Standard Web APIs vs. Developer Experience
Conflict: Standard API might be less ergonomic than custom abstraction.
Resolution:
- Prefer standard API when it's "good enough"
- Only create custom abstraction if it significantly improves DX
- Use composable patterns to improve ergonomics
Example: Standard fetch is less ergonomic than custom transport, but composable wrappers (wrapWithRetries, wrapWithLogging) improve DX while staying standard.
Priority Order
When principles conflict, use this priority order:
- Streaming-First (never break streaming)
- Maintain Functionality (preserve capabilities)
- Developer Experience (prioritize common cases)
- Simplicity (remove complexity)
- Progressive Disclosure (simple by default)
- Standard Web APIs (use platform capabilities)
- Separation of Concerns (clear boundaries)
- Unified Naming (consistent terminology)

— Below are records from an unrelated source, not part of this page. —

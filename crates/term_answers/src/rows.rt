// Three rows over the small host, in code.
ghost use Rattle.std.specs.Prelude.{◌≡◌, IfOk};
ghost use Rattle.js_heap.specs.World.{World};
ghost use Rattle.js_term.specs.FrameMoves.{moved};
ghost use Rattle.js_term.specs.Place.{Place, Placed};
ghost use Rattle.js_term.specs.Term.{Term};
ghost use Rattle.js_term.specs.declared.operands.Operand.{Operand as ToCome};
ghost use Rattle.js_tree.specs.Trees.{production_of};
ghost use Rattle.console_host.specs.declared.host.ConsoleHost.{ConsoleHost};
ghost use Rattle.term_answers.specs.ThreeRows.{answers, calling, is_statements, made_row, row_of};

use console_host::CONSOLE_LOG;
use js_host::NativeCall;
use js_term::{Completion, Move, Operands};
use js_tree::Node;
use js_value::{NativeId, Value};
use mug_text::NoMemory;
use std::alloc::Global;

/// A row of the table.
#[derive(Clone, Copy, Debug, PartialEq, Eq)]
pub enum Row {
    /// Statements and whatever has no step.
    Statements,
    /// A line of the console.
    Log,
    Throw,
}

/// The row of a node.
pub fn row_of(node: &Node) -> Row
    ensures { result ≡ row_of (production_of node.now) }
{
    match node {
        Node::Array(_) => Row::Log,
        Node::Throw(_) => Row::Throw,
        _ => Row::Statements,
    }
}

fn log(alloc: Global, operands: &Operands) -> Result<Move, NoMemory>
    ensures { IfOk result (λ m. (term : Placed Row → ToCome → Term (Placed Row)) (p : Place)
        (w : World) (h : ConsoleHost) → moved calling answers is_statements term p
        (record { place = p; row = Row.Log }) operands.now m w h
        ≡ made_row p w h Row.Log operands.now.done) }
{
    let args = operands.values(alloc)?;
    Ok(Move::Call {
        f: Value::Native(NativeId {
            number: CONSOLE_LOG,
        }),
        call: NativeCall {
            construct: false,
            this: Value::Undefined,
            args,
        },
    })
}

fn throw(operands: &Operands) -> Result<Move, NoMemory>
    ensures { IfOk result (λ m. (term : Placed Row → ToCome → Term (Placed Row)) (p : Place)
        (w : World) (h : ConsoleHost) → moved calling answers is_statements term p
        (record { place = p; row = Row.Throw }) operands.now m w h
        ≡ made_row p w h Row.Throw operands.now.done) }
{
    match operands.value(0) {
        Some(value) => Ok(Move::Abrupt(Completion::Throw(value.copy()?))),
        None => Ok(Move::Abrupt(Completion::Throw(Value::Undefined))),
    }
}

/// What the step of a row gives whose operands are values.
pub fn step(alloc: Global, row: Row, operands: &Operands) -> Result<Move, NoMemory>
    ensures { IfOk result (λ m. (term : Placed Row → ToCome → Term (Placed Row)) (p : Place)
        (w : World) (h : ConsoleHost) → moved calling answers is_statements term p
        (record { place = p; row = row }) operands.now m w h
        ≡ made_row p w h row operands.now.done) }
{
    match row {
        Row::Statements => Ok(Move::Finished),
        Row::Log => log(alloc, operands),
        Row::Throw => throw(operands),
    }
}
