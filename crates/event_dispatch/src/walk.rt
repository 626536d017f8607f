// A dispatch that is going on.
ghost use Rattle.std.specs.Prelude.{◌≡◌, ◌<◌, [], length, Some, None, slice_get, drop, IfOk, IfNone, IfSome, OnSome, OnErr};
ghost use Rattle.event_dispatch.specs.Dispatch as dispatch;
ghost use Rattle.event_dispatch.specs.Dispatch.{first_call};
ghost use Rattle.event_dispatch.specs.inner.Reached.{Reaches};

use crate::listeners::Listeners;
use crate::turn::{Call, Pending, Phase, Turn};
use js_value::ObjId;
use mug_text::{JText, Listed, NoMemory};
use std::alloc::Global;
use std::marker::Model;

/// What the stop flags of the event say (DOM Standard, 2.2).
#[derive(Clone, Copy, Debug, PartialEq, Eq)]
pub enum Stop {
    /// Nothing.
    Go,
    /// No other object's turn comes (`stopPropagation`).
    AfterObject,
    /// Nothing more is called (`stopImmediatePropagation`).
    Now,
}

/// A dispatch that is going on.
#[derive(Debug, Drop)]
pub struct Walk {
    owners: Vec<ObjId>,
    kind: JText,
    bubbles: bool,
    // How many turns have come.
    done: usize,
    // The list that was copied when the last turn came, and how many of it are used up.
    copy: Vec<Pending>,
    called: usize,
}

impl Model for Walk {
    ghost use Rattle.std.specs.Prelude.{◌≤◌, length, drop};
    ghost use Rattle.event_dispatch.specs.Dispatch.{Dispatch, turns_of};

    ghost Value = { Dispatch };

    ghost view = { λ w. record {
      kind = w.kind;
      left = drop w.called w.copy.items;
      turns = drop w.done (turns_of w.owners.items w.bubbles);
    } };

    ghost invariant = { λ w. w.called ≤ length w.copy.items };
}

// How many turns a path has.
fn turn_count(owners: &[ObjId], bubbles: bool) -> usize
    ensures { result ≡ length (dispatch.turns_of owners.now bubbles) }
{
    if owners.is_empty() {
        return 0;
    }
    let above = owners.len() - 1;
    if bubbles {
        above + owners.len()
    } else {
        owners.len()
    }
}

// The turn of this number.
fn turn(owners: &[ObjId], bubbles: bool, at: usize) -> Turn
    requires { at < length (dispatch.turns_of owners.now bubbles) }
    ensures { slice_get (dispatch.turns_of owners.now bubbles) at ≡ Some result }
{
    let above = owners.len() - 1;
    if at < above {
        return Turn {
            owner: owners[above - at],
            phase: Phase::Capturing,
        };
    }
    if at == above {
        return Turn {
            owner: owners[0],
            phase: Phase::AtTarget,
        };
    }
    Turn {
        owner: owners[at - above],
        phase: Phase::Bubbling,
    }
}

// What is called when an object's turn comes, its copied list with how many of it are used up, and
// how many turns have come by then.
#[derive(Debug, Drop)]
struct Reached {
    call: Call,
    copy: Vec<Pending>,
    called: usize,
    done: usize,
}

// The first turn to come in whose copied list there is somebody to call.
fn reach(
    owners: &[ObjId],
    kind: &JText,
    bubbles: bool,
    done: usize,
    listeners: &Listeners,
) -> Result<Option<Reached>, NoMemory>
    ensures { IfOk result (λ reached. Reaches (dispatch.turns_of owners.now bubbles) done kind.now
        listeners.now.listeners reached) }
{
    for at in done..turn_count(owners, bubbles) {
        let turn = turn(owners, bubbles, at);
        let copy = listeners.copied(turn, kind)?;
        match listeners.first_call(&copy) {
            Some(found) => {
                return Ok(Some(Reached {
                    call: found.call,
                    copy,
                    called: found.behind,
                    done: at + 1,
                }));
            }
            None => {}
        }
    }
    Ok(None)
}

impl Walk {
    /// A dispatch along these objects, which begin with the target, of an event of this type.
    pub fn new(owners: Listed<ObjId>, kind: JText, bubbles: bool) -> Walk
        ensures { result ≡ dispatch.started owners kind bubbles }
    {
        let owners = owners.into_vec();
        let copy = Vec::new(*owners.allocator());
        Walk {
            owners,
            kind,
            bubbles,
            done: 0,
            copy,
            called: 0,
        }
    }

    /// What is called next, where the event's stop flags say this by now; none at the end.
    pub fn next(&mut self, listeners: &Listeners, stop: Stop) -> Result<Option<Call>, NoMemory>
        ensures ok { IfOk result (λ call. record { call = call; after = self.new }
            ≡ dispatch.next listeners.now.listeners stop self.old) }
        ensures err { OnErr result (self.new ≡ dispatch.stopped stop self.old) }
    {
        self.stop(stop);
        if let Some(call) = self.first(listeners) {
            return Ok(Some(call));
        }
        self.come(listeners)
    }

    // The first call of what is left of the copied list.
    fn first(&mut self, listeners: &Listeners) -> Option<Call>
        ensures none { IfNone result (first_call listeners.now.listeners self.old.left ≡ None) }
        ensures unchanged { IfNone result (self.new ≡ self.old) }
        ensures found { IfSome result (λ call. first_call listeners.now.listeners self.old.left
            ≡ Some (call, self.new.left)) }
        ensures others { OnSome result (self.new ≡ record self.old { left = self.new.left }) }
    {
        match listeners.first_call(&self.copy[self.called..]) {
            Some(found) => {
                self.called += found.behind;
                Some(found.call)
            }
            None => None,
        }
    }

    // The first call of the turns to come.
    fn come(&mut self, listeners: &Listeners) -> Result<Option<Call>, NoMemory>
        ensures ok { IfOk result (λ call. record { call = call; after = self.new }
            ≡ dispatch.come listeners.now.listeners self.old.kind self.old.turns) }
        ensures err { OnErr result (self.new ≡ self.old) }
    {
        match reach(&self.owners, &self.kind, self.bubbles, self.done, listeners)? {
            Some(reached) => {
                self.copy = reached.copy;
                self.called = reached.called;
                self.done = reached.done;
                Ok(Some(reached.call))
            }
            None => {
                self.end();
                Ok(None)
            }
        }
    }

    // Leaves nothing.
    fn end(&mut self)
        ensures { self.new ≡ record self.old { left = []; turns = [] } }
    {
        self.done = turn_count(&self.owners, self.bubbles);
        self.called = self.copy.len();
    }

    // Takes the stop flags.
    fn stop(&mut self, stop: Stop)
        ensures { self.new ≡ dispatch.stopped stop self.old }
    {
        match stop {
            Stop::Go => {}
            Stop::AfterObject => self.done = turn_count(&self.owners, self.bubbles),
            Stop::Now => self.end(),
        }
    }
}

Rationale: Functionality and developer experience are non-negotiable. Simplicity and other principles support these goals.
Conclusion
These principles guide Baleybots development. They emerged from the v2.0 refactoring and will continue to guide future decisions.
Remember:
- Migration pain is temporary. Code complexity is forever.
- Simple cases should be simple. Complex cases should be possible.
- Preserve functionality while simplifying implementation.
- Prioritize developer experience in all decisions.
When in doubt, refer to these principles. They are the foundation of Baleybots architecture.